INVITE sip:bob@biloxi.com SIP/2.0
Via: SIP/2.0/UDP pc33.atlanta.com:5060;branch=z9hG4bK776asdhds
To: Bob <sip:bob@biloxi.com>
From: Alice <sip:alice@atlanta.com>;tag=1928301774
Call-ID: a84b4c76e66710
CSeq: 314159 INVITE
Contact: <sip:alice@pc33.atlanta.com>
Content-Type: application/sdp
Content-Length: 142
(Alice’s SDP not shown)

SIP is a text-based protocol and uses ISO 10646 character set in UTF-8 encoding (RFC 2279). The message body uses MIME and can use S/MIME for security.
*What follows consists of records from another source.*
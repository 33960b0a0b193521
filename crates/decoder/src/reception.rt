// What a decoder is given, and a word laid on what was received.
ghost use Rattle.std.specs.Prelude.{◌≡◌, ℕ, ◌^◌, ◌<◌, ◌≤◌, drop, ℤ};
ghost use Rattle.codetable.specs.Codewords.{bits};
ghost use Rattle.softvalues.specs.Received.{values};
ghost use Rattle.softvalues.specs.Stored.{most_values};
ghost use Rattle.decoder.specs.Metrics.{changes, if_contradicted, over, Computes};
ghost use Rattle.decoder.specs.Estimates.{share};
ghost use Rattle.decoder.specs.Receptions.{observed};
ghost use Rattle.decoder.specs.Trellis.{fits_behind};

use codetable::{CodeTable, Codeword};
use softvalues::{SoftValue, SoftValues};

// What was received, and the table whose words were sent.
#[derive(Clone, Copy)]
pub(crate) struct Reception<'a> {
    pub(crate) table: &'a CodeTable,
    pub(crate) received: &'a SoftValues,
}

// That `at` is a place of a take is required by each function here: a struct would hold a number that is another at each call.
// The sum of what `cost` gives for each value that contradicts a bit of a word, laid on the values from `at` on.
fn sum_contradicted<F: Fn(SoftValue) -> u8>(
    word: Codeword,
    received: &SoftValues,
    at: usize,
    cost: F,
) -> u32
    requires near { at ≤ most_values }
    requires callable { F.IsAlwaysCallable cost }
    ensures small { result < 2 ^ 16 }
    ensures sum { (g : ℤ → ℕ) → Computes (F.post cost) g → result ≡ over (if_contradicted g) (bits word) (drop at (values received.now)) }
{
    let mut sum = 0;
    // By rule the metric is summed by a loop over the word's bits.
    for i in 0..usize::from(word.len) {
        if let Some(soft) = received.get(at + i) {
            if word.bit(i) != soft.hard_bit() {
                sum += u32::from(cost(soft));
            }
        }
    }
    sum
}

impl Reception<'_> {
    // Whether a word, laid on the values from `at` on, ends with the last of them or before.
    pub(crate) fn fits(&self, word: Codeword, at: usize) -> bool
        requires near { at ≤ most_values }
        ensures tells { result ≡ fits_behind (observed self.now) at word }
    {
        at + usize::from(word.len) <= self.received.len()
    }

    // What a word adds to the metric, laid on the values from `at` on: the magnitudes that it contradicts, and its
    // weight.
    pub(crate) fn share(&self, word: Codeword, at: usize) -> u32
        requires near { at ≤ most_values }
        ensures small { result < 2 ^ 17 }
        ensures share { result ≡ share word (drop at (observed self.now)) }
    {
        sum_contradicted(word, self.received, at, |soft| soft.magnitude()) + u32::from(word.weight)
    }

    // How many bits of a word count as changed, laid on the values from `at` on.
    pub(crate) fn changed_bits(&self, word: Codeword, at: usize) -> u32
        requires near { at ≤ most_values }
        ensures changed { result ≡ over changes (bits word) (drop at (observed self.now)) }
    {
        sum_contradicted(word, self.received, at, |_| 1)
    }
}
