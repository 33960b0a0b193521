// The estimates: the least metric of any number of words that fill the rest of what was received.
ghost use Rattle.std.specs.Prelude.{◌≡◌, ℕ, suc, ◌+◌, ◌<◌, ◌≤◌, length, drop};
ghost use Rattle.decoder.specs.Estimates.{Ahead, HoldsFrom, estimate, extended, read, share, written};
ghost use Rattle.decoder.specs.Receptions.{code, observed};

use crate::reception::Reception;
use codetable::Codeword;

// What stands for no estimate: the memory is lent as plain numbers, and this is a rule of its format.
const NONE: u32 = 4294967295;

// An estimate as it stands in memory.
fn write(estimate: Option<u32>) -> u32
    ensures written { result ≡ written estimate }
{
    estimate.unwrap_or(NONE)
}

// The estimate that a number in memory stands for.
pub(crate) fn read(stored: u32) -> Option<u32>
    ensures read { result ≡ read stored }
{
    (stored != NONE).then_some(stored)
}

impl Reception<'_> {
    // The estimate at bit j if this word comes first there, from those behind it.
    // No struct holds the memory with its room, since `fill_ahead` writes between two readings.
    fn estimate_by(&self, word: Codeword, ahead: &[u32], j: usize) -> Option<u32>
        requires some { 1 ≤ word.len }
        requires before { j < length (observed self.now) }
        requires room { length (observed self.now) < length ahead.now }
        requires behind { HoldsFrom (code self.now) (observed self.now) (suc j) ahead.now }
        ensures sum { result ≡ extended (share word (drop j (observed self.now))) (estimate (code self.now) (observed self.now) (j + word.len)) }
    {
        let next = j + usize::from(word.len);
        if next > self.received.len() {
            return None;
        }
        let estimate = read(ahead[next])?;
        Some(self.share(word, j) + estimate)
    }

    // The estimate at bit j, from those behind it.
    fn estimate_at(&self, ahead: &[u32], j: usize) -> Option<u32>
        requires before { j < length (observed self.now) }
        requires room { length (observed self.now) < length ahead.now }
        requires behind { HoldsFrom (code self.now) (observed self.now) (suc j) ahead.now }
        ensures estimate { result ≡ estimate (code self.now) (observed self.now) j }
    {
        self.table
            .as_slice()
            .iter()
            .filter_map(|&word| self.estimate_by(word, ahead, j))
            .min()
    }

    // Writes the estimate of each bit, from the last to the first.
    pub(crate) fn fill_ahead(&self, ahead: &mut [u32])
        requires room { length (observed self.now) < length ahead.old }
        ensures ahead { Ahead (code self.now) (observed self.now) ahead.old ahead.new }
    {
        let len = self.received.len();
        ahead[len] = 0;
        // An index, since each estimate is from those behind it in the same memory.
        for j in (0..len).rev() {
            ahead[j] = write(self.estimate_at(ahead, j));
        }
    }
}
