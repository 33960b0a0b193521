// The type of a list of words, by their numbers: a value of it has at most 32.
use fixedvec::FixedVec;

mod calls;

// The most words of a list.
pub const MOST_LIST: usize = 32;

// The numbers of the words, in order.
#[derive(Clone, Copy)]
pub struct WordList {
    pub(crate) inner: FixedVec<u8, MOST_LIST>,
}
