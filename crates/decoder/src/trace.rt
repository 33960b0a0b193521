// Reads a list of words back from the costs that a search of the trellis left.
ghost use Rattle.std.specs.Prelude.{◌≡◌, ◌+◌, ◌<◌, ◌≤◌, length, MatchBool, MatchOption};
ghost use Rattle.decoder.specs.Lists.{numbers};
ghost use Rattle.decoder.specs.Metrics.{Best, changed, most_list};
ghost use Rattle.decoder.specs.Receptions.{code, observed};
ghost use Rattle.decoder.specs.Trellis.{trellis_place};
ghost use Rattle.decoder.specs.Traces.{ComesLast, EndsAt, LowestLast, NoneLast, Searched};

use crate::list::WordList;
use crate::reception::Reception;
use crate::trellis::place_of;
use codetable::Codeword;
use fixedvec::FixedVec;

// The costs that a search of the trellis of `count` words left.
#[derive(Clone, Copy)]
pub(crate) struct Trace<'a> {
    pub(crate) reception: Reception<'a>,
    pub(crate) costs: &'a [u32],
    pub(crate) count: usize,
    ghost few: { count ≤ most_list },
    ghost room: { trellis_place count (length (observed reception)) < length costs.now },
}

// A stage and a number of bits are required by each function here: they are others at each call, so no struct holds them.
impl Trace<'_> {
    // Whether a word leads from `stage` words and `bits` bits to the place behind it at the cost that stands there.
    fn leads(&self, word: Codeword, stage: usize, bits: usize) -> bool
        requires stage { stage < self.now.count }
        requires bits { bits + word.len ≤ length (observed self.now.reception) }
        ensures tells { MatchBool result (ComesLast (observed self.now.reception) self.now.costs.now stage bits word) (ComesLast (observed self.now.reception) self.now.costs.now stage bits word → ⊥) }
    {
        let before = self.costs[place_of(stage, bits)];
        let cost = self.costs[place_of(stage + 1, bits + usize::from(word.len))];
        before <= cost && cost - before == self.reception.share(word, bits)
    }

    // Whether a word comes last at `stage` words and one more, and `bits` bits.
    fn comes_last(&self, word: Codeword, stage: usize, bits: usize) -> bool
        requires stage { stage < self.now.count }
        requires bits { bits ≤ length (observed self.now.reception) }
        ensures tells { MatchBool result (EndsAt (observed self.now.reception) self.now.costs.now stage bits word) (EndsAt (observed self.now.reception) self.now.costs.now stage bits word → ⊥) }
    {
        // No `is_some_and`: its closure would have to require again what `leads` requires.
        let Some(start) = bits.checked_sub(usize::from(word.len)) else {
            return false;
        };
        self.leads(word, stage, start)
    }

    // The word with the lowest number that comes last at `stage` words and one more, and `bits` bits.
    fn last_word(&self, stage: usize, bits: usize) -> Option<(usize, Codeword)>
        requires stage { stage < self.now.count }
        requires bits { bits ≤ length (observed self.now.reception) }
        ensures lowest { MatchOption result (NoneLast (code self.now.reception) (observed self.now.reception) self.now.costs.now stage bits (length (code self.now.reception))) (LowestLast (code self.now.reception) (observed self.now.reception) self.now.costs.now stage bits) }
    {
        let words = self.reception.table.as_slice();
        let k = words
            .iter()
            .position(|&word| self.comes_last(word, stage, bits))?;
        Some((k, words[k]))
    }

    // The best list, and how many of its bits count as changed.
    pub(crate) fn read_back(&self) -> (WordList, u32)
        requires searched { Searched (code self.now.reception) (observed self.now.reception) self.now.count self.now.costs.now }
        ensures best { Best (code self.now.reception) (observed self.now.reception) (length (observed self.now.reception)) self.now.count (numbers result.0) }
        ensures changed { result.1 ≡ changed (code self.now.reception) (observed self.now.reception) (numbers result.0) }
    {
        let mut list = FixedVec::filled(0, self.count);
        let mut changed = 0;
        let mut bits = self.reception.received.len();
        // By rule the chosen words are summed by a loop; they are found from the last to the first.
        for stage in (0..self.count).rev() {
            if let Some((k, word)) = self.last_word(stage, bits) {
                list.replace(stage, k as u8);
                bits -= usize::from(word.len);
                changed += self.reception.changed_bits(word, bits);
            }
        }
        (WordList { inner: list }, changed)
    }
}
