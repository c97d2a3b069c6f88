// Request P6 on one record, on a list of them, and on a state's own records by value.

#![tactic(auto)]

ghost use Rattle.std.specs.Prelude.{◌≡◌};
ghost use Rattle.rules.specs.Base.{any, pick};
ghost use Rattle.rules.specs.Sync.{is_unsynced, marked, marked_all, unsynced_in};

use file_map::{is_empty, recorded};
use rules::{FileMap, Record};

// ---- one record
// "an empty record has it clear and is never counted or marked"
pub fn is_unsynced(r: Record) -> bool
    ensures { result ≡ is_unsynced r }
{
    !is_empty(r) & (r.synced == 0)
}

// The record "set by a sync call".
pub fn marked(r: Record) -> Record
    ensures { result ≡ marked r }
{
    if is_unsynced(r) {
        return recorded(r.label, r.live, 1);
    }
    r
}

// ---- a list of records
// "how many aren't synced"
pub fn count(records: &[Record]) -> u64
    ensures { result ≡ unsynced_in records.now }
{
    records.iter().map(|r| u64::from(is_unsynced(*r))).sum()
}

// All of them marked, and "whether any mark changed".
pub fn mark(records: &mut [Record]) -> bool
    ensures marks { records.new ≡ marked_all records.old }
    ensures answers { result ≡ any is_unsynced records.old }
{
    let mut changed = false;
    for r in records.iter_mut() {
        changed |= is_unsynced(*r);
        *r = marked(*r);
    }
    changed
}

// ---- a state's records
pub fn unsynced(files: FileMap) -> u64
    ensures { result ≡ unsynced_in files.records }
{
    count(&files.records)
}

// The records after a sync call, and "whether any mark changed": 1 for yes, 0 for no.
// Kept: a number and no bool, since the clause `answers` gives the call's value.
#[derive(Clone, Copy)]
pub struct Synced {
    pub files: FileMap,
    pub changed: u64,
}

pub fn sync(files: FileMap) -> Synced
    ensures marks { result.files.records ≡ marked_all files.records }
    ensures answers { result.changed ≡ pick (any is_unsynced files.records) 1 0 }
{
    let mut after = files;
    let changed = mark(&mut after.records);
    Synced {
        files: after,
        changed: u64::from(changed),
    }
}
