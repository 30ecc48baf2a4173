//! Examples for who reads the statement: what its words come to on the network of demo/star.txt,
//! whose nodes `a`, `b` and `c` are joined to a fourth, `h`, by links 0, 1 and 2. Each example is a
//! clause of a law, and the page of the statement has it beside the definitions that it names.
//! Nothing stands on this crate.
//!
//! ```
//! law_tree();
//! ```
#![tactic(auto)]

ghost use Rattle.std.specs.Prelude.{◌≡◌, ◌∷◌, [], true, false};
ghost use Rattle.hose_graph.specs.Hose.{IsHose, total_rate};
ghost use Rattle.hose_graph.specs.Network.{IsNetwork};
ghost use Rattle.hose_law.specs.Book.{IsOversold, load_of};
ghost use Rattle.hose_law.specs.Carries.{amounts_on};
ghost use Rattle.hose_law.specs.Decision.{Fits};
ghost use Rattle.hose_law.specs.Matrix.{demand, sent_by, sent_to, IsWithinRates};
ghost use Rattle.hose_law.specs.Plan.{plan_cost};
ghost use Rattle.hose_law.specs.Route.{is_on_route, matrix_load};
ghost use Rattle.hose_law.specs.Tree.{IsReservation, IsTree, JoinsHose, links_of, rate_beyond, smaller_side, way_up};
ghost use Rattle.hose_law.specs.Walk.{cost_of};
ghost use Rattle.hose_star.specs.steps.Star.{star, star_book, star_hose, star_matrix, star_plan, star_tree};

/// The rates of a hose, and what a link costs.
pub fn law_network()
    // The rates 3, 4 and 5 make 12.
    ensures total { total_rate star_hose ≡ 12 }
    // A unit costs 2 on link 1.
    ensures cost { cost_of star 1 ≡ 2 }
    // The star has nodes and links as a network may have them.
    ensures is_network { IsNetwork star }
    // It has three endpoints, in ascending order of nodes, and their rates are within the limit.
    ensures is_hose { IsHose star_hose }
{}

/// A tree, and the ways on it.
pub fn law_tree()
    // The tree grows from `h` along links 0, 1 and 2 to `a`, `b` and `c`.
    ensures is_tree { IsTree star star_tree }
    // `a`, `b` and `c` are on the tree.
    ensures joins { JoinsHose star_tree star_hose }
    // The links of the tree are 0, 1 and 2.
    ensures links { links_of star_tree ≡ 0 ∷ 1 ∷ 2 ∷ [] }
    // From `b` up to `h` one goes by link 1 alone.
    ensures way { way_up star_tree 1 ≡ 1 ∷ [] }
    // The route from `a` to `b` has link 0.
    ensures route { is_on_route star_tree 0 1 0 ≡ true }
    // The route from `a` to `b` does not have link 2.
    ensures no_route { is_on_route star_tree 0 1 2 ≡ false }
{}

/// A matrix, and the loads that it puts on links.
pub fn law_matrix()
    // `a` sends 2 to `b`.
    ensures demanded { demand star_matrix 0 1 ≡ 2 }
    // `a` sends 2 and 1, all that its rate of 3 allows.
    ensures sent { sent_by 3 star_matrix 0 ≡ 3 }
    // `c` is sent 1 by `a` and 2 by `b`.
    ensures sent_on { sent_to 3 star_matrix 2 ≡ 3 }
    // The matrix is within the rates: `a` sends 3, `b` sends 2 and is sent 2, and `c` is sent 3,
    // where 3, 4 and 5 are allowed.
    ensures within { IsWithinRates star_hose star_matrix }
    // Link 1 has the 2 from `a` to `b` and the 2 from `b` to `c`: all that is reserved there.
    ensures load { matrix_load star_tree star_hose star_matrix 1 ≡ 4 }
{}

/// What the hose reserves on its tree, and what that costs.
pub fn law_reserved()
    // Beyond link 2 is `c` alone, whose rate is 5.
    ensures beyond { rate_beyond star_tree star_hose 2 ≡ 5 }
    // Link 2 has a rate of 5 on one side and rates of 7 on the other: 5 is reserved.
    ensures side { smaller_side star_tree star_hose 2 ≡ 5 }
    // The amounts 3, 4 and 5 stand on links 0, 1 and 2.
    ensures amounts { amounts_on star_tree (3 ∷ 4 ∷ 5 ∷ []) ≡ star_plan }
    // 3 units at 1, 4 at 2 and 5 at 3 cost 26.
    ensures cost { plan_cost star star_plan ≡ 26 }
    // On links 0, 1 and 2 the smaller side's rate sums are 3, 4 and 5; nothing else is reserved.
    ensures reservation { IsReservation star_tree star_hose star_plan }
    // Where each link has 10 free, 3, 4 and 5 fit.
    ensures fits { Fits (10 ∷ 10 ∷ 10 ∷ []) star_plan }
{}

/// The book once the hose is admitted.
pub fn law_book()
    // Link 1 carries the 4 that the one live VPN reserves there.
    ensures load { load_of star_book 1 ≡ 4 }
    // Link 1 can carry 10 and carries 4, so it is not oversold.
    ensures not_oversold { ¬ IsOversold star star_book 1 }
{}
The generic form of a message is:

generic-message = start-line
message-header* CRLF
[ message-body ]

Example adapted from draft-ietf-sip-rfc2543bis-06.ps


Transcript

[slide127] Here is what an INVITE actually looks like. It says, INVITE the method, the SIP URI and now SIP/2.0 for version 2 we have a via header, a To, blah, blah, and then we'll have Alice's SDP. It's encoded with ISO 10646 characters, with UTF-8 encoding, and the body of this message, which is application/sdp, which has some length to it, can be MIME encoded, and we can even use S/MIME encoding, so we can basically encrypt it. So, that means that only Bob can decode the S/MIME, and know which media streams, what ports, et cetera, Alice wants to use. It's just like an HTTP message, it has a start line, the message header, the carriage return line feed, and then the message body. You can write this trivially, it's really easy.